Ludwig van Beethoven, the man who inherited and increased, the immortal fame of Handel and Bach of Haydn and Mozart is now no more.

He was an artist. And who will stand beside him? He was an artist. And what he was, he was only through music.

The thorns of life had wounded him deeply. So he held fast to his art even when the gate through which it entered was shut. Music spoke through a deafened ear to he who could no longer hear it. He carried the music in his heart.

Because he shut himself off from the world, they called him hostile. They said he was unfeeling and called him callous. But he was not hard of heart.

It is the finest blades that are most easily blunted, bent or broken. He withdrew from his fellow man after he had given them everything and had received nothing in return. He lived alone because he found no second self.

Thus he was. Thus he died. Thus he will live for all time.

***

Immortal Beloved is a film that deeply affected not only the course of my life, but also the quality. Yes, I was very much aware of Beethoven before seeing this movie and I had heard the bulk of his music being an active listener of classical music and a student performer. But after seeing the dramatization of some of the more "stormy" and "troubling" portions of his life, played aptly by Gary Oldman, in this lavish production for the modern audience, I came away with an even deeper understanding of not just this man's music, but his contribution for all of us, music as a whole and music as something alive.

Mstistlav Rostropovich, now deceased and much missed, stated that he felt that Beethoven and Mozart did not die, that yes, they still exist -- even if on a subatomic level, and primarily because of the legacy of the music and the immense amount of love that the world has for them and always will. Thus, the music keeps them alive with every new student at the piano, violin or cello.
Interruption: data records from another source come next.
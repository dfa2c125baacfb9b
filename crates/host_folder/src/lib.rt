//! A tree of leaves and a service manager in a folder of the file system.
//!
//! Each leaf is a node file below `<root>/tree`, and the manager's state is the file
//! `<root>/manager`. Nothing outside the root is read, written or removed, whatever stands below it, as long as
//! nobody else changes the tree while the host is in use: no symbolic link below the tree is followed.
//!
//! A folder of the tree is looked at once, and again right before something changes in it. So somebody who puts a
//! link in its place meanwhile has what the link leads to read; a change is a fault then, but for one that falls
//! between that look and the change.
#![tactic(auto)]

mod fault;
mod folders;
mod host;
mod listing;
mod service;
mod stage;

pub use host::FolderHost;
This Epic Masterpice opens, surprisingly, with a vividness that is reminiscent in films like Dr. Zhivago, Lawrence of Arabia, Spartacus or Ben Hur and drops you into this now vanished historical Vienna like a fly on the wall and is done so well, one might just believe that it actually is Vienna. The swelling sound of the `Missa Solemnis' in the background is yet another example of Beethoven's genius to create something new, rather than re-interpret the Stabat Mater as was traditionally done by all his predecessors. Most of the film was actually shot in the Czech Republic which had been almost forgotten by the process of modernization. Street lights, payphones, stoplights, road signs, power lines, television antenna - you name it. This is also the same location where they had filmed the much hyped and beloved `Amadeus', and for the exact same reason and a whole decade earlier.
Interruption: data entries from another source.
//! The text of an entry of the boot menu, and its place.
ghost use Rattle.std.specs.Prelude.{◌≡◌, ◌==◌, ◌++◌, ◌∷◌, [], codes, position, IfOk, OnOk};
ghost use Rattle.std.specs.Fmt.{decimal};
ghost use Rattle.boot_entries.specs.Entries.{entry_text, first_line, loader_text, more_params, params_path, version_path};
ghost use Rattle.boot_entries.specs.Places.{entries_folder, entry_path, loader_path};

use host_trait::fixed_path;
use std::alloc::{AllocError, Global};
use switch_names::{Bytes, Path, SystemName, Text};

/// The folder of the entries.
#[tactic(auto, unfolding(crate::specs::Places::entries_folder))]
pub fn folder_path(alloc: Global) -> Result<Path, AllocError>
    ensures { IfOk result (λ path. path ≡ entries_folder) }
{
    fixed_path(alloc, "boot/loader/entries")
}

/// The path of what the boot loader reads first.
#[tactic(auto, unfolding(crate::specs::Places::loader_path))]
pub fn loader_path(alloc: Global) -> Result<Path, AllocError>
    ensures { IfOk result (λ path. path ≡ loader_path) }
{
    fixed_path(alloc, "boot/loader/loader.conf")
}

/// The path of a generation's entry.
#[tactic(auto, unfolding(crate::specs::Places::entry_path))]
pub fn entry_path(alloc: Global, number: u32) -> Result<Path, AllocError>
    ensures { IfOk result (λ path. path ≡ entry_path number) }
{
    let text = format!(in alloc; "boot/loader/entries/nixos-generation-{number}.conf")?;
    match Path::parse(alloc, text.as_str()) {
        Ok(path) => Ok(path),
        Err(_) => Err(AllocError),
    }
}

/// Where a system keeps its version.
#[tactic(auto, unfolding(crate::specs::Entries::version_path))]
pub fn version_path(alloc: Global, system: &SystemName) -> Result<Path, AllocError>
    ensures { IfOk result (λ path. path ≡ version_path system.now) }
{
    system.place(alloc, "nixos-version")
}

/// Where a system keeps the parameters of its kernel.
#[tactic(auto, unfolding(crate::specs::Entries::params_path))]
pub fn params_path(alloc: Global, system: &SystemName) -> Result<Path, AllocError>
    ensures { IfOk result (λ path. path ≡ params_path system.now) }
{
    system.place(alloc, "kernel-params")
}

/// Whether a byte is a line feed.
fn is_line_feed(byte: u8) -> bool
    ensures { result ≡ (byte == 10) }
{
    byte == b'\n'
}

/// The place of the first line feed.
fn line_end(text: &[u8]) -> Option<usize>
    ensures { result ≡ position (λ byte. byte == 10) text.now }
{
    text.iter().position(|byte| is_line_feed(*byte))
}

/// A text up to its first line feed.
pub fn first_line(text: &[u8]) -> &[u8]
    ensures { result.now ≡ first_line text.now }
{
    match line_end(text) {
        Some(at) => &text[..at],
        None => text,
    }
}

/// Adds parameters, after a blank where there are some.
fn add_params(text: &mut Vec<u8>, params: &[u8]) -> Result<(), AllocError>
    ensures { OnOk result (text.new.items ≡ text.old.items ++ more_params params.now) }
{
    if params.is_empty() {
        return Ok(());
    }
    text.push(b' ')?;
    text.extend_from_slice(params)
}

/// The title of an entry and the number in its version.
fn entry_head(alloc: Global, number: u32) -> Result<Text, AllocError>
    ensures { IfOk result (λ head. head ≡ codes "title NixOS" ++ 10 ∷ (codes "version Generation " ++ (decimal number ++ 32 ∷ []))) }
{
    let head = format!(in alloc; "title NixOS\nversion Generation {number} ")?;
    Ok(Text::from_string(head))
}

/// What an entry says of a system, from the end of its version to its parameters.
fn entry_middle(alloc: Global, system: &SystemName) -> Result<Text, AllocError>
    ensures { IfOk result (λ middle. middle ≡ 10 ∷ (codes "linux /" ++ (system.now ++ (codes "/kernel" ++ 10 ∷ (codes "initrd /" ++ (system.now ++ (codes "/initrd" ++ 10 ∷ (codes "options init=/" ++ (system.now ++ codes "/init"))))))))) }
{
    let system = system.as_str();
    let middle = format!(in alloc;
        "\nlinux /{system}/kernel\ninitrd /{system}/initrd\noptions init=/{system}/init"
    )?;
    Ok(Text::from_string(middle))
}

/// The text of an entry, of its parts.
fn join_entry(
    alloc: Global,
    head: &Text,
    version: &[u8],
    middle: &Text,
    params: &[u8],
) -> Result<Bytes, AllocError>
    ensures { IfOk result (λ text. text ≡ head.now ++ (version.now ++ (middle.now ++ (more_params params.now ++ 10 ∷ [])))) }
{
    let mut text = Vec::from_slice(alloc, head.as_str().as_bytes())?;
    text.extend_from_slice(version)?;
    text.extend_from_slice(middle.as_str().as_bytes())?;
    add_params(&mut text, params)?;
    text.push(b'\n')?;
    Ok(Bytes::from_vec(text))
}

/// The text of the entry of a generation, given the first lines of the version and the kernel's
/// parameters of its system.
///
/// Source: Boot Loader Specification, "Type #1 Boot Loader Specification Entries".
pub fn entry_text(
    alloc: Global,
    number: u32,
    system: &SystemName,
    version: &[u8],
    params: &[u8],
) -> Result<Bytes, AllocError>
    ensures { IfOk result (λ text. text ≡ entry_text number system.now version.now params.now) }
{
    let head = entry_head(alloc, number)?;
    let middle = entry_middle(alloc, system)?;
    let text = join_entry(alloc, &head, version, &middle, params)?;
    Ok(text)
}

/// The line that names the entry that is booted.
fn loader_line(alloc: Global, number: u32) -> Result<Text, AllocError>
    ensures { IfOk result (λ line. line ≡ codes "default nixos-generation-" ++ (decimal number ++ (codes ".conf" ++ 10 ∷ []))) }
{
    let line = format!(in alloc; "default nixos-generation-{number}.conf\n")?;
    Ok(Text::from_string(line))
}

/// The text that names the entry that is booted.
///
/// Source: loader.conf(5), "default".
pub fn loader_text(alloc: Global, number: u32) -> Result<Bytes, AllocError>
    ensures { IfOk result (λ text. text ≡ loader_text number) }
{
    let line = loader_line(alloc, number)?;
    let text = Bytes::from_slice(alloc, line.as_str().as_bytes())?;
    Ok(text)
}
As blasphemous as this might sound to some, it is my contention that Ludwig van Beethoven is probably the most influential and important living being that has ever graced our people. In one thousand, five thousand, ten thousand years from now, as abstract of an idea as that is to some, young children will still be setting down at pianos to learn his sonatas, his symphonies and his Fur Elise. His work will be mainstay in the progress of mankind. I will save any and all comment about Jesus Christ, as that is a conversation for another forum. But the unfortunate, but struggling truth about religion, is that it is not as equal to all of us as music is. A Hindu family or a Buddhist family, for example, with no desire for Christianity may never experience the Bible, but they'll happily play `Sonata Quasi una Fantasia' in their living rooms and fully enjoy the work for what it is. For these reasons, Herr Beethoven will live on forever and influence billions more of us in the many years to come, thus enriching the human experience where the words of our prophets may fall deafly or unheard.

The stigma that seems to follow this film, from reading all the reviews online that came out during its release, the reviews on Amazon, the comments on IMDb, is that people bemoan that it is a Hollywood production. Probably in time, this stigma will fade, as the unpopular machine that Hollywood is today, won't last. Bernard Rose is a wonderfully knowledgeable and passionate Director and musician who labored over the idea of this film, wrote the screenplay and orchestrated its creation. The stigma that this film is a Hollywood production and that it misses the mark on Beethoven's life is not just grossly unfair, but inaccurate. People often comment that `Amadeus' is a better film when they talk about 'Immortal Beloved', I guess because they are equally two movies about famous composers. But the real truth is that `Amadeus' is a fictionalized version of a stage play titled `Mozart & Salieri'. 'Immortal Beloved' is historically rich and a close and accurate portrayal of the events of Beethoven's life and the lives of those that he was closest to.

Joahnna ter Steege plays the part of Johanna Reiss / van Beethoven who Bernard Rose believes, beyond a shadow of a doubt, is the actual `Immortal Beloved' of the very illustrious and now famous love letters that were found after his death. Without going into detail about why he felt this way, I'll just say that 'obsession' had a lot to do with it. `Beethoven's Letters' is an excellent source book for anyone interested in reading his personal letters in their complete and translated glory. Ivory Tower academians seem to disagree with Rose about his choice, but most of those that disagree, all seem to have books that they're pushing about some other woman that you may, or may not have heard of.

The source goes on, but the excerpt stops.